Dataset records: Begin

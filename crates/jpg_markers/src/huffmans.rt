//! Huffman tables, parsed (T.81, B.2.4.2, Figure B.7).
ghost use Rattle.std.specs.Prelude.{◌≡◌, ◌%◌, ◌<◌, Ok, Err, drop, IfOk, IfErr};
ghost use Rattle.jpg_spec.specs.HuffContents.{definition_size, huffman_table_of, parsed_huffmans, put_definition};
ghost use Rattle.jpg_huff.specs.Definitions.{definitions_of};
ghost use Rattle.jpg_huff.specs.New.{AreRight};
ghost use Rattle.jpg_markers.specs.Huffmans.{definition_in, parsed_table, tables_judged};

use jpg_huff::{DefinitionSet, TableFault, judged_total};
use jpg_spec::Fault;

// A table as it is in a segment: its counts, its symbols, and the bytes after them.
#[derive(Drop)]
struct Definition<'a> {
    counts: &'a [u8; 16],
    symbols: &'a [u8],
    rest: &'a [u8],
}

/// Puts the tables of a segment's contents into their slots, where a later one replaces an earlier one of its slot, or
/// returns the first fault of the contents and changes no table. Each table is judged in this order: BadHuffman (its
/// class above 1 or its slot above 3), BadLength (fewer than 16 counts), BadHuffman (more than 256 codes), BadLength
/// (the segment ends inside its values), BadHuffman (a code doesn't fit its length, or is all ones) (T.81, B.2.4.2 and
/// Annex C). It takes no memory.
pub fn read_dht(contents: &[u8], tables: &mut DefinitionSet) -> Result<(), Fault>
    ensures accepted { IfOk result (λ _. parsed_huffmans (definitions_of tables.old) contents.now ≡ Ok (definitions_of tables.new)) }
    ensures refused { IfErr result (λ fault. parsed_huffmans (definitions_of tables.old) contents.now ≡ Err fault) }
    ensures unchanged { IfErr result (λ _. tables.new ≡ tables.old) }
{
    // All tables are judged before the first one is put.
    match judge(contents) {
        Ok(()) => put_all(contents, tables),
        Err(fault) => Err(fault),
    }
}

// The first fault of these contents, if any.
fn judge(contents: &[u8]) -> Result<(), Fault>
    ensures { result ≡ tables_judged contents.now }
{
    let mut rest = contents;
    while let [head, tail @ ..] = rest {
        match table_at(*head, tail) {
            Ok(table) => rest = table.rest,
            Err(fault) => return Err(fault),
        }
    }
    Ok(())
}

// Puts the tables of these contents into their slots, up to the first fault.
fn put_all(contents: &[u8], tables: &mut DefinitionSet) -> Result<(), Fault>
    ensures accepted { IfOk result (λ _. parsed_huffmans (definitions_of tables.old) contents.now ≡ Ok (definitions_of tables.new)) }
    ensures refused { IfErr result (λ fault. parsed_huffmans (definitions_of tables.old) contents.now ≡ Err fault) }
{
    let mut rest = contents;
    while let [head, tail @ ..] = rest {
        match table_at(*head, tail) {
            Ok(table) => {
                put(tables, *head, &table);
                rest = table.rest;
            }
            Err(fault) => return Err(fault),
        }
    }
    Ok(())
}

// Puts a table into the slot of its class.
#[tactic(auto, using(crate::proofs::Definitions::put_dc, crate::proofs::Definitions::put_ac))]
fn put(tables: &mut DefinitionSet, head: u8, table: &Definition)
    requires slot { head % 16 < 4 }
    requires right { AreRight table.now.counts.now table.now.symbols.now }
    ensures { definitions_of tables.new ≡ put_definition (definitions_of tables.old) (definition_in head table.now) }
{
    if head / 16 == 0 {
        tables.put_dc(head % 16, table.counts, table.symbols);
    } else {
        tables.put_ac(head % 16, table.counts, table.symbols);
    }
}

// The table after the byte of its class and slot.
#[tactic(auto, unfolding(jpg_spec::specs::HuffContents::huffman_table_of))]
fn table_at(head: u8, bytes: &[u8]) -> Result<Definition, Fault>
    ensures value { parsed_table head result ≡ huffman_table_of head bytes.now }
    ensures slot { IfOk result (λ _. head % 16 < 4) }
    ensures right { IfOk result (λ table. AreRight table.counts.now table.symbols.now) }
    ensures rest { IfOk result (λ table. table.rest.now ≡ drop (definition_size bytes.now) bytes.now) }
{
    if head / 16 > 1 || head % 16 > 3 {
        return Err(Fault::BadHuffman);
    }
    let Some((counts, values)) = bytes.split_first_chunk::<16>() else {
        return Err(Fault::BadLength);
    };
    match judged_total(counts, values) {
        Ok(total) => {
            let (symbols, rest) = values.split_at(total as usize);
            Ok(Definition {
                counts,
                symbols,
                rest,
            })
        }
        Err(TableFault::TooManyCodes) => Err(Fault::BadHuffman),
        Err(TableFault::ShortValues) => Err(Fault::BadLength),
        Err(TableFault::OverfullCodes) => Err(Fault::BadHuffman),
    }
}
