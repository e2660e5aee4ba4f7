//! A script's text, byte by byte (the manual's wizard.txt).
ghost use Rattle.std.specs.Prelude.{◌≡◌};
ghost use Rattle.jpg_spec.specs.TextReaders.{taken};
ghost use Rattle.jpg_scans.specs.TextState.{new_text, script_kind, text_step};

use crate::entry_text::EntryText;
use crate::{Entry, Script};
use arrayvec::ArrayVec;
use jpg_texts::{TextBytes, is_digit};
use std::marker::Model;

// The entries that have ended, and the current one.
#[derive(Drop)]
pub struct ScriptText {
    entries: ArrayVec<Entry, 100>,
    entry: EntryText,
}

impl Model for ScriptText {
    ghost use Rattle.jpg_scans.specs.TextState.{TextState};

    ghost Value = { TextState };

    ghost view = { λ r. record { entries = r.entries.items; entry = r.entry } };
}

impl ScriptText {
    pub fn new() -> ScriptText
        ensures { result ≡ new_text }
    {
        ScriptText {
            entries: ArrayVec::new(),
            entry: EntryText::new(),
        }
    }

    fn semicolon(&mut self) -> bool
        ensures { taken result self.new ≡ text_step self.old 59 }
    {
        if self.entries.len() >= 100 {
            return false;
        }
        match self.entry.whole() {
            None => false,
            Some(entry) => {
                self.entries.push(entry);
                self.entry = EntryText::new();
                true
            }
        }
    }
}

impl TextBytes<Script> for ScriptText {
    ghost kind = { script_kind };

    fn byte(&mut self, byte: u8) -> bool {
        if byte == b';' {
            return self.semicolon();
        }
        if is_digit(byte) && (self.entry.is_new() && self.entries.len() >= 100) {
            return false;
        }
        self.entry.byte(byte)
    }

    fn end(mut self) -> Option<Script> {
        if self.entry.is_new() {
            if self.entries.is_empty() {
                return None;
            }
            return Some(Script {
                entries: self.entries,
            });
        }
        if self.entries.len() >= 100 {
            return None;
        }
        let entry = self.entry.whole()?;
        self.entries.push(entry);
        Some(Script {
            entries: self.entries,
        })
    }
}
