//! What is remembered of segments for those after them, and which codes may follow (T.81, B.1.1.3, Table B.1).
ghost use Rattle.std.specs.Prelude.{◌≡◌, ◌||◌, ◌==◌, [], true, false};
ghost use Rattle.jpg_spec.specs.Jfif.{begins_jfif, begins_adobe};
ghost use Rattle.jpg_spec.specs.Markers.{code_fault_if, is_frame_code, is_kept_if, is_plain_adobe, is_plain_jfif, is_unexpected, is_unsupported, counted_size};
ghost use Rattle.jpg_spec.specs.declared.frame.Limits.{Limits};
ghost use Rattle.jpg_markers.specs.Seen.{Exceeds, HasSeen, Leaves, allows};

use crate::app::{begins_adobe, begins_jfif, is_adobe, is_jfif};
use jpg_base::codes::{APP0, APP15, COM, EOI, RST0, SOF0, SOF2, SOI, SOS};
use jpg_spec::Fault;

/// What is remembered of the complete segments so far.
#[derive(Clone, Copy)]
pub struct Seen {
    /// A frame header was among them.
    pub framed: bool,
    /// A scan header was.
    pub scanned: bool,
    /// A JFIF header of 14 bytes was.
    pub jfif: bool,
    /// An Adobe segment of 12 bytes was.
    pub adobe: bool,
    /// How many bytes of kept markers may follow.
    pub free: u64,
}

impl Seen {
    /// No segments, with this limit for kept markers.
    pub fn none(kept: u64) -> Seen
        ensures { (limits : Limits) → limits.kept ≡ kept → HasSeen limits result [] }
    {
        Seen {
            framed: false,
            scanned: false,
            jfif: false,
            adobe: false,
            free: kept,
        }
    }

    /// Whether the kept bytes of one more segment are within the rest of the limit.
    pub fn allows(&self, code: u8, contents: &[u8]) -> bool
        ensures is { result ≡ allows self.now code contents.now }
        ensures none { result ≡ false → Exceeds self.now code contents.now }
    {
        !is_kept(self.scanned, code, contents)
            || counted_size(self.jfif, self.adobe, code, contents) <= self.free
    }

    /// Remembers one more segment.
    pub fn note(&mut self, code: u8, contents: &[u8])
        requires { allows self.old code contents.now ≡ true }
        ensures { Leaves self.old code contents.now self.new }
    {
        if is_kept(self.scanned, code, contents) {
            self.free -= counted_size(self.jfif, self.adobe, code, contents);
            self.jfif = either(is_plain_jfif(code, contents), self.jfif);
            self.adobe = either(is_plain_adobe(code, contents), self.adobe);
        }
        self.framed = either(is_frame_code(code), self.framed);
        self.scanned = either(code == SOS, self.scanned);
    }
}

fn either(a: bool, b: bool) -> bool
    ensures { result ≡ (a || b) }
{
    a || b
}

/// Why a code may not occur here, by whether a frame header was seen (T.81, B.1.1.3, Table B.1).
pub fn code_fault(framed: bool, code: u8) -> Option<Fault>
    ensures { result ≡ code_fault_if framed code }
{
    if is_unexpected(code) || code == EOI && !framed {
        Some(Fault::UnexpectedMarker)
    } else if is_unsupported(code) {
        Some(Fault::UnsupportedProcess)
    } else if is_frame_code(code) && framed {
        Some(Fault::SecondFrame)
    } else if code == SOS && !framed {
        Some(Fault::SosBeforeSof)
    } else {
        None
    }
}

/// SOF0, SOF1 and SOF2.
pub fn is_frame_code(code: u8) -> bool
    ensures { result ≡ is_frame_code code }
{
    SOF0 <= code && code <= SOF2
}

// RES and TEM, then RST0 to SOI, and JPG0 to JPG13.
fn is_unexpected(code: u8) -> bool
    ensures { result ≡ is_unexpected code }
{
    0x01 <= code && code <= 0xbf || (RST0 <= code && code <= SOI || 0xf0 <= code && code <= 0xfd)
}

// SOF3, SOF5 to SOF15 with JPG and DAC (B.2.4.3) among them, DNL (B.2.5), DHP and EXP.
fn is_unsupported(code: u8) -> bool
    ensures { result ≡ is_unsupported code }
{
    code == 0xc3
        || (0xc5 <= code && code <= 0xcf || (code == 0xdc || (code == 0xde || code == 0xdf)))
}

/// Whether a segment is kept, by whether a scan header was before it: APPn and COM (T.81, B.2.4.5, B.2.4.6), but after a
/// scan no JFIF header and no Adobe segment (JFIF 1.02, Adobe's APP14).
pub fn is_kept(scanned: bool, code: u8, contents: &[u8]) -> bool
    ensures { result ≡ is_kept_if scanned code contents.now }
{
    (code == COM || APP0 <= code && code <= APP15) && !(scanned && is_header(code, contents))
}

/// Whether a segment begins as one that determines the colours or the density of a file: a JFIF header or an Adobe
/// segment (JFIF 1.02, Adobe's APP14).
pub fn is_header(code: u8, contents: &[u8]) -> bool
    ensures { result ≡ (begins_jfif code contents.now || begins_adobe code contents.now) }
{
    begins_jfif(code, contents) || begins_adobe(code, contents)
}

fn is_plain_jfif(code: u8, contents: &[u8]) -> bool
    ensures { result ≡ is_plain_jfif (code, contents.now) }
{
    is_jfif(code, contents) && contents.len() == 14
}

fn is_plain_adobe(code: u8, contents: &[u8]) -> bool
    ensures { result ≡ is_plain_adobe (code, contents.now) }
{
    is_adobe(code, contents) && contents.len() == 12
}

// How much a kept segment counts for the limit: its contents and 4 bytes, but nothing if it is the first JFIF header of
// 14 bytes or the first Adobe segment of 12.
fn counted_size(jfif: bool, adobe: bool, code: u8, contents: &[u8]) -> u64
    ensures { result ≡ counted_size jfif adobe (code, contents.now) }
{
    if is_plain_jfif(code, contents) && !jfif || is_plain_adobe(code, contents) && !adobe {
        0
    } else {
        contents.len() as u64 + 4
    }
}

Dataset records: End

## [Exercise instructions]
Print, exactly as written, the first line of the records above and each line after it until the line with "pub fn read_dht(contents: &[u8], tables: &mut", which is printed too.

## [Solution to this task]
filename crates/jpg_markers/src/huffmans.rt
//! Huffman tables, parsed (T.81, B.2.4.2, Figure B.7).
ghost use Rattle.std.specs.Prelude.{◌≡◌, ◌%◌, ◌<◌, Ok, Err, drop, IfOk, IfErr};
ghost use Rattle.jpg_spec.specs.HuffContents.{definition_size, huffman_table_of, parsed_huffmans, put_definition};
ghost use Rattle.jpg_huff.specs.Definitions.{definitions_of};
ghost use Rattle.jpg_huff.specs.New.{AreRight};
ghost use Rattle.jpg_markers.specs.Huffmans.{definition_in, parsed_table, tables_judged};

use jpg_huff::{DefinitionSet, TableFault, judged_total};
use jpg_spec::Fault;

// A table as it is in a segment: its counts, its symbols, and the bytes after them.
#[derive(Drop)]
struct Definition<'a> {
    counts: &'a [u8; 16],
    symbols: &'a [u8],
    rest: &'a [u8],
}

/// Puts the tables of a segment's contents into their slots, where a later one replaces an earlier one of its slot, or
/// returns the first fault of the contents and changes no table. Each table is judged in this order: BadHuffman (its
/// class above 1 or its slot above 3), BadLength (fewer than 16 counts), BadHuffman (more than 256 codes), BadLength
/// (the segment ends inside its values), BadHuffman (a code doesn't fit its length, or is all ones) (T.81, B.2.4.2 and
/// Annex C). It takes no memory.
pub fn read_dht(contents: &[u8], tables: &mut DefinitionSet) -> Result<(), Fault>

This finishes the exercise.